## DIRECTIONS FOR THIS TASK
Write out each line of the entries exactly, starting at the first and finishing with the line that contains "pub const OF_3000: FieldRow".

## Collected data
>>>>>
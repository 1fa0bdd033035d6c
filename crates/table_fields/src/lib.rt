// The field table: what the content of each label must be, row by row, and the row of a label.
// No function here asks anything of its caller; each says in its contract which definition it equals.
#![tactic(auto)]

ghost use Rattle.std.specs.Prelude.{◌≡◌};
ghost use Rattle.meaning.specs.Tables.{is_pair_label, row_label};
ghost use Rattle.meaning.specs.FieldTable.{field_table, field_row_in, field_row};

use meaning::{FieldRow, Kind};

// ---- what a row is written with

// "8" means exactly.
macro_rules! exactly {
    ($label:expr, $length:expr, $kind:expr) => {
        FieldRow { label: $label, least: $length, most: $length, kind: $kind }
    };
}

// "<=60" means 1 to 60.
macro_rules! up_to {
    ($label:expr, $most:expr, $kind:expr) => {
        FieldRow { label: $label, least: 1, most: $most, kind: $kind }
    };
}

// "var" is taken as 1 to 60.
macro_rules! var {
    ($label:expr, $kind:expr) => {
        up_to!($label, 60, $kind)
    };
}

// ---- the rows, in the printed order

pub const OF_102: FieldRow = up_to!(102, 60, Kind::Alnum);

pub const OF_103: FieldRow = up_to!(103, 60, Kind::Alnum);

pub const OF_132: FieldRow = up_to!(132, 60, Kind::Alnum);

pub const OF_3000: FieldRow = up_to!(3000, 10, Kind::Alnum);

pub const OF_3100: FieldRow = up_to!(3100, 15, Kind::Alnum);

pub const OF_3101: FieldRow = up_to!(3101, 28, Kind::Alnum);

pub const OF_3102: FieldRow = up_to!(3102, 28, Kind::Alnum);

pub const OF_3103: FieldRow = exactly!(3103, 8, Kind::Rule020);

pub const OF_3104: FieldRow = up_to!(3104, 15, Kind::Alnum);

pub const OF_3105: FieldRow = up_to!(3105, 12, Kind::Alnum);

pub const OF_3106: FieldRow = up_to!(3106, 30, Kind::Alnum);

pub const OF_3107: FieldRow = up_to!(3107, 28, Kind::Alnum);

pub const OF_3108: FieldRow = exactly!(3108, 1, Kind::Rule116);

pub const OF_3110: FieldRow = exactly!(3110, 1, Kind::Rule112);

pub const OF_3622: FieldRow = var!(3622, Kind::Float);

pub const OF_3623: FieldRow = var!(3623, Kind::Float);

pub const OF_3628: FieldRow = up_to!(3628, 60, Kind::Alnum);

pub const OF_6200: FieldRow = exactly!(6200, 8, Kind::Rule008);

pub const OF_6201: FieldRow = exactly!(6201, 6, Kind::Rule090);

pub const OF_6205: FieldRow = up_to!(6205, 60, Kind::Alnum);

pub const OF_6220: FieldRow = up_to!(6220, 60, Kind::Alnum);

pub const OF_6221: FieldRow = up_to!(6221, 60, Kind::Alnum);

pub const OF_6226: FieldRow = up_to!(6226, 4, Kind::Num);

pub const OF_6227: FieldRow = up_to!(6227, 60, Kind::Alnum);

pub const OF_6228: FieldRow = up_to!(6228, 60, Kind::Alnum);

pub const OF_6302: FieldRow = up_to!(6302, 60, Kind::Alnum);

pub const OF_6303: FieldRow = up_to!(6303, 60, Kind::Alnum);

pub const OF_6304: FieldRow = up_to!(6304, 60, Kind::Alnum);

pub const OF_6305: FieldRow = up_to!(6305, 60, Kind::Alnum);

pub const OF_6330: FieldRow = up_to!(6330, 60, Kind::Alnum);

pub const OF_6331: FieldRow = up_to!(6331, 60, Kind::Alnum);

pub const OF_8000: FieldRow = exactly!(8000, 4, Kind::Alnum);

pub const OF_8100: FieldRow = exactly!(8100, 5, Kind::Num);

pub const OF_8315: FieldRow = exactly!(8315, 8, Kind::Alnum);

pub const OF_8316: FieldRow = exactly!(8316, 8, Kind::Alnum);

pub const OF_8402: FieldRow = up_to!(8402, 6, Kind::Alnum);

pub const OF_8410: FieldRow = up_to!(8410, 20, Kind::Alnum);

pub const OF_8411: FieldRow = up_to!(8411, 60, Kind::Alnum);

pub const OF_8418: FieldRow = exactly!(8418, 1, Kind::Alnum);

pub const OF_8420: FieldRow = var!(8420, Kind::Float);

pub const OF_8421: FieldRow = up_to!(8421, 60, Kind::Alnum);

pub const OF_8428: FieldRow = up_to!(8428, 8, Kind::Alnum);

pub const OF_8429: FieldRow = exactly!(8429, 2, Kind::Num);

pub const OF_8430: FieldRow = up_to!(8430, 60, Kind::Alnum);

pub const OF_8431: FieldRow = up_to!(8431, 60, Kind::Alnum);

pub const OF_8432: FieldRow = exactly!(8432, 8, Kind::Rule008);

pub const OF_8437: FieldRow = up_to!(8437, 60, Kind::Alnum);

pub const OF_8438: FieldRow = up_to!(8438, 60, Kind::Alnum);

pub const OF_8439: FieldRow = exactly!(8439, 6, Kind::Rule090);

pub const OF_8460: FieldRow = up_to!(8460, 60, Kind::Alnum);

pub const OF_8461: FieldRow = var!(8461, Kind::Float);

pub const OF_8462: FieldRow = var!(8462, Kind::Float);

pub const OF_8470: FieldRow = up_to!(8470, 60, Kind::Alnum);

pub const OF_8480: FieldRow = up_to!(8480, 60, Kind::Alnum);

pub const OF_8990: FieldRow = up_to!(8990, 60, Kind::Alnum);

pub const OF_9206: FieldRow = exactly!(9206, 1, Kind::Charset);

pub const OF_9218: FieldRow = exactly!(9218, 5, Kind::Version);

// No length fits a label that has no row.
const OF_NONE: FieldRow = up_to!(0, 0, Kind::Alnum);

// ---- the number of a label: how many rows stand before its own

pub const NO_102: usize = 0;

pub const NO_103: usize = 1;

pub const NO_132: usize = 2;

pub const NO_3000: usize = 3;

pub const NO_3100: usize = 4;

pub const NO_3101: usize = 5;

pub const NO_3102: usize = 6;

pub const NO_3103: usize = 7;

pub const NO_3104: usize = 8;

pub const NO_3105: usize = 9;

pub const NO_3106: usize = 10;

pub const NO_3107: usize = 11;

pub const NO_3108: usize = 12;

pub const NO_3110: usize = 13;

pub const NO_3622: usize = 14;

pub const NO_3623: usize = 15;

pub const NO_3628: usize = 16;

pub const NO_6200: usize = 17;

pub const NO_6201: usize = 18;

pub const NO_6205: usize = 19;

pub const NO_6220: usize = 20;

pub const NO_6221: usize = 21;

pub const NO_6226: usize = 22;

pub const NO_6227: usize = 23;

pub const NO_6228: usize = 24;

pub const NO_6302: usize = 25;

pub const NO_6303: usize = 26;

pub const NO_6304: usize = 27;

pub const NO_6305: usize = 28;

pub const NO_6330: usize = 29;

pub const NO_6331: usize = 30;

pub const NO_8000: usize = 31;

pub const NO_8100: usize = 32;

pub const NO_8315: usize = 33;

pub const NO_8316: usize = 34;

pub const NO_8402: usize = 35;

pub const NO_8410: usize = 36;

pub const NO_8411: usize = 37;

pub const NO_8418: usize = 38;

pub const NO_8420: usize = 39;

pub const NO_8421: usize = 40;

pub const NO_8428: usize = 41;

pub const NO_8429: usize = 42;

pub const NO_8430: usize = 43;

pub const NO_8431: usize = 44;

pub const NO_8432: usize = 45;

pub const NO_8437: usize = 46;

pub const NO_8438: usize = 47;

pub const NO_8439: usize = 48;

pub const NO_8460: usize = 49;

pub const NO_8461: usize = 50;

pub const NO_8462: usize = 51;

pub const NO_8470: usize = 52;

pub const NO_8480: usize = 53;

pub const NO_8990: usize = 54;

pub const NO_9206: usize = 55;

pub const NO_9218: usize = 56;

// A name, or the odd label after one.
pub fn is_pair(label: usize) -> bool
    ensures { result ≡ is_pair_label label }
{
    if label < meaning::LABEL_6330 {
        return false;
    }
    label <= meaning::LABEL_6399
}

// The label that a label's row is printed under: 6330 for the names, 6331 for the odd labels after them.
pub fn row_label(label: usize) -> usize
    ensures { result ≡ row_label label }
{
    if is_pair(label) {
        return meaning::LABEL_6330 + label % 2;
    }
    label
}

// The row that is printed under a label.
#[tactic(auto, unfolding(meaning::specs::FieldTable::field_row_in, meaning::specs::FieldTable::field_table))]
fn printed_row(want: usize) -> FieldRow
    ensures { result ≡ field_row_in field_table want }
{
    match want {
        102 => OF_102,
        103 => OF_103,
        132 => OF_132,
        3000 => OF_3000,
        3100 => OF_3100,
        3101 => OF_3101,
        3102 => OF_3102,
        3103 => OF_3103,
        3104 => OF_3104,
        3105 => OF_3105,
        3106 => OF_3106,
        3107 => OF_3107,
        3108 => OF_3108,
        3110 => OF_3110,
        3622 => OF_3622,
        3623 => OF_3623,
        3628 => OF_3628,
        6200 => OF_6200,
        6201 => OF_6201,
        6205 => OF_6205,
        6220 => OF_6220,
        6221 => OF_6221,
        6226 => OF_6226,
        6227 => OF_6227,
        6228 => OF_6228,
        6302 => OF_6302,
        6303 => OF_6303,
        6304 => OF_6304,
        6305 => OF_6305,
        6330 => OF_6330,
        6331 => OF_6331,
        8000 => OF_8000,
        8100 => OF_8100,
        8315 => OF_8315,
        8316 => OF_8316,
        8402 => OF_8402,
        8410 => OF_8410,
        8411 => OF_8411,
        8418 => OF_8418,
        8420 => OF_8420,
        8421 => OF_8421,
        8428 => OF_8428,
        8429 => OF_8429,
        8430 => OF_8430,
        8431 => OF_8431,
        8432 => OF_8432,
        8437 => OF_8437,
        8438 => OF_8438,
        8439 => OF_8439,
        8460 => OF_8460,
        8461 => OF_8461,
        8462 => OF_8462,
        8470 => OF_8470,
        8480 => OF_8480,
        8990 => OF_8990,
        9206 => OF_9206,
        9218 => OF_9218,
        _ => OF_NONE,
    }
}

// A label's row.
pub fn field_row(label: usize) -> FieldRow
    ensures { result ≡ field_row label }
{
    printed_row(row_label(label))
}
<<<<<
## REPLY TO THE TASK
repository 1fa0bdd033035d6c
filename crates/table_fields/src/lib.rt
// The field table: what the content of each label must be, row by row, and the row of a label.
// No function here asks anything of its caller; each says in its contract which definition it equals.
#![tactic(auto)]

ghost use Rattle.std.specs.Prelude.{◌≡◌};
ghost use Rattle.meaning.specs.Tables.{is_pair_label, row_label};
ghost use Rattle.meaning.specs.FieldTable.{field_table, field_row_in, field_row};

use meaning::{FieldRow, Kind};

// ---- what a row is written with

// "8" means exactly.
macro_rules! exactly {
    ($label:expr, $length:expr, $kind:expr) => {
        FieldRow { label: $label, least: $length, most: $length, kind: $kind }
    };
}

// "<=60" means 1 to 60.
macro_rules! up_to {
    ($label:expr, $most:expr, $kind:expr) => {
        FieldRow { label: $label, least: 1, most: $most, kind: $kind }
    };
}

// "var" is taken as 1 to 60.
macro_rules! var {
    ($label:expr, $kind:expr) => {
        up_to!($label, 60, $kind)
    };
}

// ---- the rows, in the printed order

pub const OF_102: FieldRow = up_to!(102, 60, Kind::Alnum);

pub const OF_103: FieldRow = up_to!(103, 60, Kind::Alnum);

pub const OF_132: FieldRow = up_to!(132, 60, Kind::Alnum);

pub const OF_3000: FieldRow = up_to!(3000, 10, Kind::Alnum);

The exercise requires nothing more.